• [ACTIVITY]: Set down exactly the lines below, starting at the one that contains "mod selector;" and ending at the one that contains "pub use reply::PutReply;", with both of those lines included and nothing else.
Segment Start: MATERIAL TO PROCESS
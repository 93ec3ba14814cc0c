//! The owner of the list.
ghost use Rattle.std.specs.Prelude.{◌≡◌, ◌++◌, ◌∷◌, [], MatchBool};
ghost use Rattle.growing_list.specs.Counted.{word_of};

use crate::beginning::Beginning;
use crate::rule::{Add, Counts, Naming, Nothing};
use logbook::{Offer, Seen, Start, Word};
use std::marker::{Model, PhantomData};

/// An empty list that has no name yet.
#[derive(Drop)]
pub struct Opened<E> {
    word: Word<E, u64, Counts>,
    seen: Seen<E, u64, Counts>,
    pub ghost empty: { seen.log ≡ [] },
    pub ghost word_is: { word ≡ word_of seen.book },
}

impl<E> Opened<E> {
    /// It takes no memory.
    pub fn new() -> Opened<E> {
        let (seen, mut pen, _second) = Seen::open(Start::alone(), 0, 0);
        Opened {
            word: Word::tracked(0, &mut pen),
            seen,
        }
    }

    /// The list under its name.
    pub fn named<J: Naming>(self) -> Grower<E, J>
        requires { self.seen.book ≡ J.book }
        ensures { result ≡ [] }
    {
        let Opened { word, seen } = self;
        Grower {
            word,
            whole: Beginning {
                count: 0,
                seen,
                of: PhantomData,
            },
        }
    }
}

/// The right to let the list grow, which contracts see as the list.
#[derive(Drop)]
pub struct Grower<E, J: Naming> {
    word: Word<E, u64, Counts>,
    whole: Beginning<E, J>,
}

impl<E, J: Naming> Model for Grower<E, J> {
    ghost use Rattle.std.specs.Prelude.{◌≡◌, List};
    ghost use Rattle.growing_list.specs.Counted.{word_of};

    ghost Value = { List E };

    ghost view = { λ g. g.whole };

    ghost invariant = { λ g. g.word ≡ word_of J.book };
}

impl<E, J: Naming> Grower<E, J> {
    /// All of the list, as a beginning. It takes no memory.
    pub fn whole(&self) -> Beginning<E, J>
        ensures { result ≡ self.now }
    {
        self.whole.again()
    }

    /// Adds the entry. `false` says that it wasn't added: that doesn't happen before the list has
    /// 2^64 - 1 entries, and no clause excludes it. It takes no memory.
    pub fn add(&mut self, entry: &E) -> bool
        ensures { MatchBool result (self.new ≡ self.old ++ entry.now ∷ []) (self.new ≡ self.old) }
    {
        let mut longer = self.whole.again();
        let count = longer.count;
        if count == u64::MAX {
            return false;
        }
        let mut offer: Offer<E, u64, Counts, Nothing> = longer.seen.plain::<Nothing, E, Add>(entry);
        let mut pen = longer.seen.no_pen();
        let found = self
            .word
            .compare_exchange::<Add, Nothing>(
                count,
                count + 1,
                &mut longer.seen,
                &mut offer,
                &mut pen,
            );
        if found != count {
            return false;
        }
        longer.count = count + 1;
        self.whole = longer;
        true
    }
}
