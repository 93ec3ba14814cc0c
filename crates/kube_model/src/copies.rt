//! What is copied part by part.
ghost use Rattle.std.specs.Prelude.{◌≡◌, Ok, IfOk};

use mlb_base::{NoMemory, TryCopy};

/// Both values, if there was memory for both.
pub fn both<A: Drop, B: Drop>(
    a: Result<A, NoMemory>,
    b: Result<B, NoMemory>,
) -> Result<(A, B), NoMemory>
    ensures first { IfOk result (λ both. a ≡ Ok both.0) }
    ensures second { IfOk result (λ both. b ≡ Ok both.1) }
{
    Ok((a?, b?))
}

/// Copies of both, if there was memory for both.
pub(crate) fn copied<A: TryCopy, B: TryCopy>(a: &A, b: &B) -> Result<(A, B), NoMemory>
    ensures first { IfOk result (λ both. both.0 ≡ a.now) }
    ensures second { IfOk result (λ both. both.1 ≡ b.now) }
{
    both(a.copy(), b.copy())
}
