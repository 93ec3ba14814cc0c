//! ARP for IPv4 over Ethernet.
ghost use Rattle.std.specs.Prelude.{◌≡◌, ◌↔◌, ◌≤◌, ℕ, List, Some, length};
ghost use Rattle.std.specs.Option.{option_copied};
ghost use Rattle.l2_elect.specs.Kept.{AreKnown};
ghost use Rattle.l2_elect.specs.Listening.{listens_of};
ghost use Rattle.ip_ranges.specs.declared.family.Family.TheVariants.{V4};
ghost use Rattle.neigh_frames.specs.Arp.{IsArpAnswer, is_arp_request, arp_answer_of, arp_reply};
ghost use Rattle.neigh_frames.specs.Arp.{unasked_arp_of, address_at};

use crate::filling::Filling;
use ip_ranges::{Address, Family};
use l2_elect::{Announcers, listens_known};
use speaker_view::View;

/// The EtherType, and the packet up to its operation, a request.
const REQUEST: [u8; 10] = [0x08, 0x06, 0x00, 0x01, 0x08, 0x00, 6, 4, 0x00, 1];

/// The same of a reply.
const REPLY: [u8; 10] = [0x08, 0x06, 0x00, 0x01, 0x08, 0x00, 6, 4, 0x00, 2];

const BROADCAST: [u8; 6] = [0xff; 6];

/// The ARP reply that answers the request in an Ethernet frame, where the frame has one for an IPv4
/// address for which the node listens on the interface (RFC 826). `mac` is the hardware address of
/// the interface. The frame's Ethernet destination isn't looked at, and bytes after the first 42
/// are padding. VLAN tags have no answer. It takes no memory.
pub fn arp_answer(
    view: &View,
    node: &str,
    interface: &str,
    mac: &[u8; 6],
    frame: &[u8],
) -> Option<[u8; 42]>
    ensures value { result ≡ arp_answer_of
        (listens_of view.now node.now interface.now) mac.now frame.now }
    ensures meaning { (answer : List ℕ)
        → (result ≡ Some answer) ↔ IsArpAnswer view.now node.now interface.now mac.now frame.now
        answer }
{
    arp_answer_known(view, None, node, interface, mac, frame)
}

/// The same, by the announcers of the view where they are known: then no election is held. It takes
/// no memory.
pub fn arp_answer_known(
    view: &View,
    announcers: Option<&Announcers>,
    node: &str,
    interface: &str,
    mac: &[u8; 6],
    frame: &[u8],
) -> Option<[u8; 42]>
    requires { AreKnown (option_copied announcers) view.now }
    ensures value { result ≡ arp_answer_of
        (listens_of view.now node.now interface.now) mac.now frame.now }
    ensures meaning { (answer : List ℕ)
        → (result ≡ Some answer) ↔ IsArpAnswer view.now node.now interface.now mac.now frame.now
        answer }
{
    answer_if_asked(view, announcers, node, interface, mac, frame)
}

/// The reply, where one is asked for of a node that listens.
fn answer_if_asked(
    view: &View,
    announcers: Option<&Announcers>,
    node: &str,
    interface: &str,
    mac: &[u8; 6],
    frame: &[u8],
) -> Option<[u8; 42]>
    requires { AreKnown (option_copied announcers) view.now }
    ensures { result ≡ arp_answer_of
        (listens_of view.now node.now interface.now) mac.now frame.now }
{
    if !is_request(frame) {
        return None;
    }
    if !listens_known(view, announcers, node, interface, &target(frame)) {
        return None;
    }
    Some(reply(mac, &frame[38..42], &frame[22..28], &frame[28..32]))
}

/// The ARP reply to all stations that nobody asked for, by which they are told that `mac` has the
/// IPv4 address (RFC 826): its target is the broadcast address, and the same IPv4 address. It takes
/// no memory.
#[tactic(auto, unfolding(crate::specs::Arp::unasked_arp_of))]
pub fn unasked_arp(mac: &[u8; 6], address: &Address) -> [u8; 42]
    requires { address.now.family ≡ V4 }
    ensures { result ≡ unasked_arp_of mac.now address.now.number }
{
    let protocol = (address.number as u32).to_be_bytes();
    reply(mac, &protocol, &BROADCAST, &protocol)
}

/// Whether the frame has an ARP request.
fn is_request(frame: &[u8]) -> bool
    ensures { result ≡ is_arp_request frame.now }
{
    frame.len() >= 42 && &frame[12..22] == &REQUEST[..]
}

/// The address that is asked for.
fn target(frame: &[u8]) -> Address
    requires { 42 ≤ length frame.now }
    ensures { result ≡ address_at frame.now 38 }
{
    let number = u32::from_be_bytes([frame[38], frame[39], frame[40], frame[41]]);
    Address {
        family: Family::V4,
        number: number as u128,
    }
}

/// The reply that `mac` has the protocol address, to the asker.
fn reply(mac: &[u8; 6], protocol: &[u8], asker: &[u8], asker_protocol: &[u8]) -> [u8; 42]
    requires protocol { length protocol.now ≡ 4 }
    requires asker { length asker.now ≡ 6 }
    requires asker_protocol { length asker_protocol.now ≡ 4 }
    ensures { result ≡ arp_reply mac.now protocol.now asker.now asker_protocol.now }
{
    let mut answer = Filling::new();
    answer.put(asker);
    answer.put(mac);
    answer.put(&REPLY);
    answer.put(mac);
    answer.put(protocol);
    answer.put(asker);
    answer.put(asker_protocol);
    answer.whole()
}
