//! The objects of a cluster, what happens to them, and what is written of them.
//!
//! The port of a service is a struct, `Port {protocol, port}`, where a pair would say less.
//!
//! The aggregation lengths of an advertisement are small types, `LengthV4` and `LengthV6`, so that
//! a value out of range can't be made.
//!
//! `Reason`, `Cause` and `ConfigFault` stand with the types of the cluster in `kube_model`, below
//! the core that finds them and the lines that tell them. The reading of a port, an allocation, an
//! endpoint, a selector, a protocol, a policy and a length stands with its type, since a trait's
//! impl must.
//!
//! Kinds of objects are defined by their public records; the groups in which they are read are tied
//! to that by a proof.
#![tactic(auto)]

mod allocation_fields;
mod bgp;
mod community;
mod config_fault;
mod copies;
mod endpoint_fields;
mod event;
mod families;
mod key;
mod l2;
mod lengths;
mod named;
mod namespace;
mod node;
mod object;
mod peer;
mod pool;
mod port;
mod port_fields;
mod put;
mod reason;
mod record;
mod reply;
mod selector;
mod selector_fields;
mod service;
mod slice;
mod status;

pub use bgp::BgpAdv;
pub use community::CommunityList;
pub use config_fault::{Cause, ConfigFault};
pub use copies::both;
pub use event::{Event, EventFault, ListGroup};
pub use families::FamilyList;
pub use key::Key;
pub use kube_labels::{ExpressionList, Labels, Text, TextList};
pub use l2::L2Adv;
pub use lengths::{LengthV4, LengthV6};
pub use namespace::Namespace;
pub use node::Node;
pub use object::{Kind, Object, ObjectList};
pub use peer::BgpPeer;
pub use pool::{Allocation, Pool};
pub use port::{Port, PortList, Protocol};
pub use put::Put;
pub use reason::Reason;
pub use record::Record;
pub use reply::PutReply;
pub use selector::{SelectorText, SelectorTexts};
pub use service::{Policy, Service, Wanted};
pub use slice::{Endpoint, EndpointList, EndpointSlice};
pub use status::{LaneName, Status, What};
Segment End: MATERIAL TO PROCESS
• [WRITTEN RESPONSE]:
mod selector;
mod selector_fields;
mod service;
mod slice;
mod status;

pub use bgp::BgpAdv;
pub use community::CommunityList;
pub use config_fault::{Cause, ConfigFault};
pub use copies::both;
pub use event::{Event, EventFault, ListGroup};
pub use families::FamilyList;
pub use key::Key;
pub use kube_labels::{ExpressionList, Labels, Text, TextList};
pub use l2::L2Adv;
pub use lengths::{LengthV4, LengthV6};
pub use namespace::Namespace;
pub use node::Node;
pub use object::{Kind, Object, ObjectList};
pub use peer::BgpPeer;
pub use pool::{Allocation, Pool};
pub use port::{Port, PortList, Protocol};
pub use put::Put;
pub use reason::Reason;
pub use record::Record;
pub use reply::PutReply;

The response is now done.